这些遭遇发生之时，正值艺术和科学领域更广泛的质疑时期。哲学家、画家、作家和研究人员开始探究他们自认已知事物的界限。“直觉是可疑的，”哥伦比亚大学历史学家阿尔玛·斯坦加特说。“有一种感觉，直觉可能会把你引向错误的方向。”

克里斯托夫·伯恩哈德·弗兰克（左）；戈弗雷·内勒

尼尔斯·阿贝尔、奥古斯丁-路易·柯西和卡尔·魏尔斯特拉斯等著名数学家意识到，要理解他们工作中不断出现的奇异级数和曲线，他们需要回到最基本的定义。什么是函数？函数连续意味着什么？当你把无限多个对象相加时，到底发生了什么？

他们提出了回答这些问题的形式化定义。（例如，魏尔斯特拉斯引入了极限的精确定义，学生们至今仍在使用。）他们的新定义使数学家能够以比以前更深入、更严谨的方式研究函数——最终催生了分析学领域。

如今，分析学是数学中最重要的领域之一。它使数学家能够理解从流体流动、电流到遥远恒星的化学成分等一切事物。并且它与几乎所有其他类型的数学都有着深刻的联系，包括古老得多的数论和几何领域。

微积分的形式化也导致了集合论的诞生，它确立了现代数学所依据的规则。集合论本身现在也是一个活跃的研究领域。

史密森尼图书馆（左）；公共领域

尽管如此，一些研究人员也以忧虑的心情面对这股新的形式化浪潮。“在被严谨主义者的湿毯子人为冷却之后，很难再激起任何热情，”物理学家奥利弗·亥维赛在1899年写道。

正如历史学家杰斯珀·吕岑回顾这一时期时所指出的：“分析学既获得了严谨性又获得了普遍性，但它失去了优雅和简洁，并与直觉疏远。许多数学家对这种趋势感到遗憾，但却难以逃脱。”

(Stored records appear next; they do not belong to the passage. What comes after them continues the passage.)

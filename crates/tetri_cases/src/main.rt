//! Tries the cases of the tables that its arguments name, and prints what differs and how many cases there were.
//!
//! A table is a text of sections. What stands before the first line that begins with `== ` is a comment; that line names the
//! section's kind, and the lines below it are its text, blank lines at the end left out. The README lists the kinds. An argument
//! that ends with `.jsonl` is a trace, and the report beside it is the one that `tetri` plans for it, with its two advisors. One that
//! ends with `.report` is a report that a check accepts, and one that ends with `.answers` what `tetri admit` writes of the trace.
//! The table `pictures.txt` asks for pictures of reports, which are printed as they are.
#![tactic(auto)]

mod devices;
mod imports;
mod panels;
mod pictures;
mod runs;
mod table;

use std::{env, fs, io};
use tetri_tables::Tally;

// The name of an example without its ending.
fn example_of(name: &str) -> Option<&str> {
    for ending in [".jsonl", ".report", ".answers"] {
        if let Some(example) = name.strip_suffix(ending) {
            return Some(example);
        }
    }
    None
}

// The text of the file of an example with an ending.
fn text_of(rt: &HostRuntime, example: &str, ending: &str) -> io::Result<String> {
    let name = format!(in rt.alloc(); "{example}.{ending}")?;
    fs::read_to_string(rt, name.as_str())
}

// Judges the example by the ending of the argument.
fn judge_example(rt: &HostRuntime, example: &str, name: &str) -> io::Result<Tally> {
    let trace = text_of(rt, example, "jsonl")?;
    if name.ends_with(".answers") {
        let answers = fs::read_to_string(rt, name)?;
        return Ok(table::judge_answers(rt.alloc(), trace, answers)?);
    }
    let report = text_of(rt, example, "report")?;
    let is_planned = name.ends_with(".jsonl");
    Ok(table::judge_example(rt.alloc(), trace, report, is_planned)?)
}

fn judge_table(rt: &HostRuntime, name: &str) -> io::Result<Tally> {
    let text = fs::read_to_string(rt, name)?;
    Ok(table::judge(rt.alloc(), text.as_str())?)
}

// Judges the cases that an argument names, and prints what differs and how many there were.
fn judge(rt: &HostRuntime, name: &str) -> io::Result<()> {
    let tally = match example_of(name) {
        Some(example) => judge_example(rt, example, name)?,
        None => judge_table(rt, name)?,
    };
    print!(rt; "{}", tally.differences)?;
    println!(rt; "{name}: {} cases", tally.cases)
}

fn main(rt: HostRuntime) -> io::Result<()> {
    for name in env::args(&rt)?.skip(1) {
        match name.as_str() {
            "pictures.txt" => pictures::draw_all(&rt, "pictures.txt")?,
            name => judge(&rt, name)?,
        }
    }
    Ok(())
}
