// The sections of a table.
use crate::panels::{Trial, try_panel};
use crate::{devices, imports, runs};
use std::alloc::{AllocError, Global};
use tetri_tables::{Given, Tally, expand_text, sections_of};

// A plan whose report has repetitions.
fn made_plan(
    alloc: Global,
    given: &mut Given,
    tally: &mut Tally,
    advisors: &str,
    body: &str,
) -> Result<(), AllocError> {
    let body = expand_text(alloc, body)?;
    let body = body.as_str().trim_end_matches('\n');
    runs::plan(alloc, given, tally, advisors, body)
}

// The same of what a run of the words writes.
fn made_run(
    alloc: Global,
    given: &Given,
    tally: &mut Tally,
    words: &str,
    body: &str,
) -> Result<(), AllocError> {
    let body = expand_text(alloc, body)?;
    let body = body.as_str().trim_end_matches('\n');
    runs::made(alloc, given, tally, words, body)
}

fn judge_more(
    alloc: Global,
    given: &mut Given,
    tally: &mut Tally,
    word: &str,
    more: &str,
    body: &str,
) -> Result<(), AllocError> {
    match word {
        "forged" => runs::forged(alloc, given, tally, body),
        "failing" => runs::failing(alloc, given, tally, more, body),
        "each read" => devices::each_read(alloc, given, tally, more, body),
        "each write" => devices::each_write(alloc, given, tally, more, body),
        "each cut" => devices::each_cut(alloc, given, tally),
        "words" => runs::words(alloc, tally, body),
        "endings" => runs::endings(alloc, tally, body),
        "panel" => try_panel(alloc, given, tally, Trial::Rows(body)),
        "run" => try_panel(alloc, given, tally, Trial::Run(body)),
        _ => imports::judge(alloc, given, tally, word, more, body),
    }
}

fn judge_section(
    alloc: Global,
    given: &mut Given,
    tally: &mut Tally,
    kind: &str,
    body: &str,
) -> Result<(), AllocError> {
    if given.take(alloc, kind, body)? {
        return Ok(());
    }
    let (word, more) = kind.split_once(": ").unwrap_or((kind, ""));
    match word {
        "plan" => runs::plan(alloc, given, tally, more, body),
        "made plan" => made_plan(alloc, given, tally, more, body),
        "made parts" => made_run(alloc, given, tally, "parts trace", body),
        "made admit" => made_run(alloc, given, tally, "admit trace", body),
        "made log" => imports::take_in_order(alloc, given, more, body),
        "no plan" => runs::no_plan(alloc, given, tally, more),
        "check" => runs::check(alloc, given, tally, more),
        _ => judge_more(alloc, given, tally, word, more, body),
    }
}

/// Judges a trace with a report that a check accepts, and that is planned for it by the program's own advisors where this is said.
pub fn judge_example(
    alloc: Global,
    trace: String,
    report: String,
    is_planned: bool,
) -> Result<Tally, AllocError> {
    let mut given = Given::new(alloc);
    given.trace = trace;
    let mut tally = Tally::new(alloc);
    if is_planned {
        let body = report.as_str().trim_end_matches('\n');
        runs::plan(alloc, &mut given, &mut tally, "deadline,worth", body)?;
    } else {
        given.report = report;
        runs::accepted(alloc, &given, &mut tally)?;
    }
    Ok(tally)
}

/// Judges what is answered for the jobs of a trace.
pub fn judge_answers(alloc: Global, trace: String, answers: String) -> Result<Tally, AllocError> {
    let mut given = Given::new(alloc);
    given.trace = trace;
    let mut tally = Tally::new(alloc);
    let body = answers.as_str().trim_end_matches('\n');
    runs::made(alloc, &given, &mut tally, "admit trace", body)?;
    Ok(tally)
}

/// Judges each case of a table.
pub fn judge(alloc: Global, table: &str) -> Result<Tally, AllocError> {
    let mut given = Given::new(alloc);
    let mut tally = Tally::new(alloc);
    for (kind, body) in sections_of(alloc, table)? {
        judge_section(alloc, &mut given, &mut tally, kind, body)?;
    }
    Ok(tally)
}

关键的是，严谨主义者及其批评者找到了一个折衷方案：数学家们继续使用柯西和魏尔斯特拉斯的谨慎定义，但他们也发展了允许像亥维赛这样的科学家更自由地计算无穷和无穷小量的框架。

换句话说，形式化并非他们唯一的目标。事实上，这个故事的一个重要部分是形式化背后的意图。它的焦点相对狭窄：魏尔斯特拉斯和他的同事们一直在处理关于函数行为的非常具体的问题，他们求助于形式化是为了处理这些问题。从那里开始，分析学、集合论和其他形式系统的发展是自然发生的。

“科学大厦的建造不像住宅，先牢固地打好地基，然后才着手建造和扩大房间，”伟大的数学家大卫·希尔伯特在1905年写道。相反，科学家应该首先找到“舒适的空间四处漫游，然后，只有当各处迹象表明松散的地基无法支撑房间的扩张时，才去支撑和加固它们。”

“这不是弱点，”他继续说，“而是正确且健康的发展道路。”

毕竟，当一个形式化努力的目标超出了巩固松散地基的范围时，它可能会产生截然不同的后果。

刻板的学院派

清晰和严谨也可能走得太远。

想想数学中最著名（或最臭名昭著，取决于你问谁）的思想流派之一，这是一个名为布尔巴基的数学家秘密社团提出的哲学。

在20世纪30年代中期，法国的数学已经萎靡了数十年。该国在第一次世界大战中失去了一代有前途的学生和研究人员；其大学以不协调、零散的方式教授数学，使用的材料严重过时。因此，几位年轻数学家联合起来组成了布尔巴基。他们最初的目标很朴素：用一本新的、更具凝聚力的教科书将法国课程带入现代。然而很快，他们的野心变得大得多。今天，布尔巴基（其成员仍然保密）已经出版了40多卷，涵盖了所有可以想象的数学领域。

尼古拉·布尔巴基

然而，这些书籍的真正遗产不是其内容，而是其风格。布尔巴基将抽象置于一切之上，避开具体的例子和计算，只青睐最一般的陈述。他们将每个证明呈现为一系列逻辑演绎，通常不提及任何潜在的直觉或原理。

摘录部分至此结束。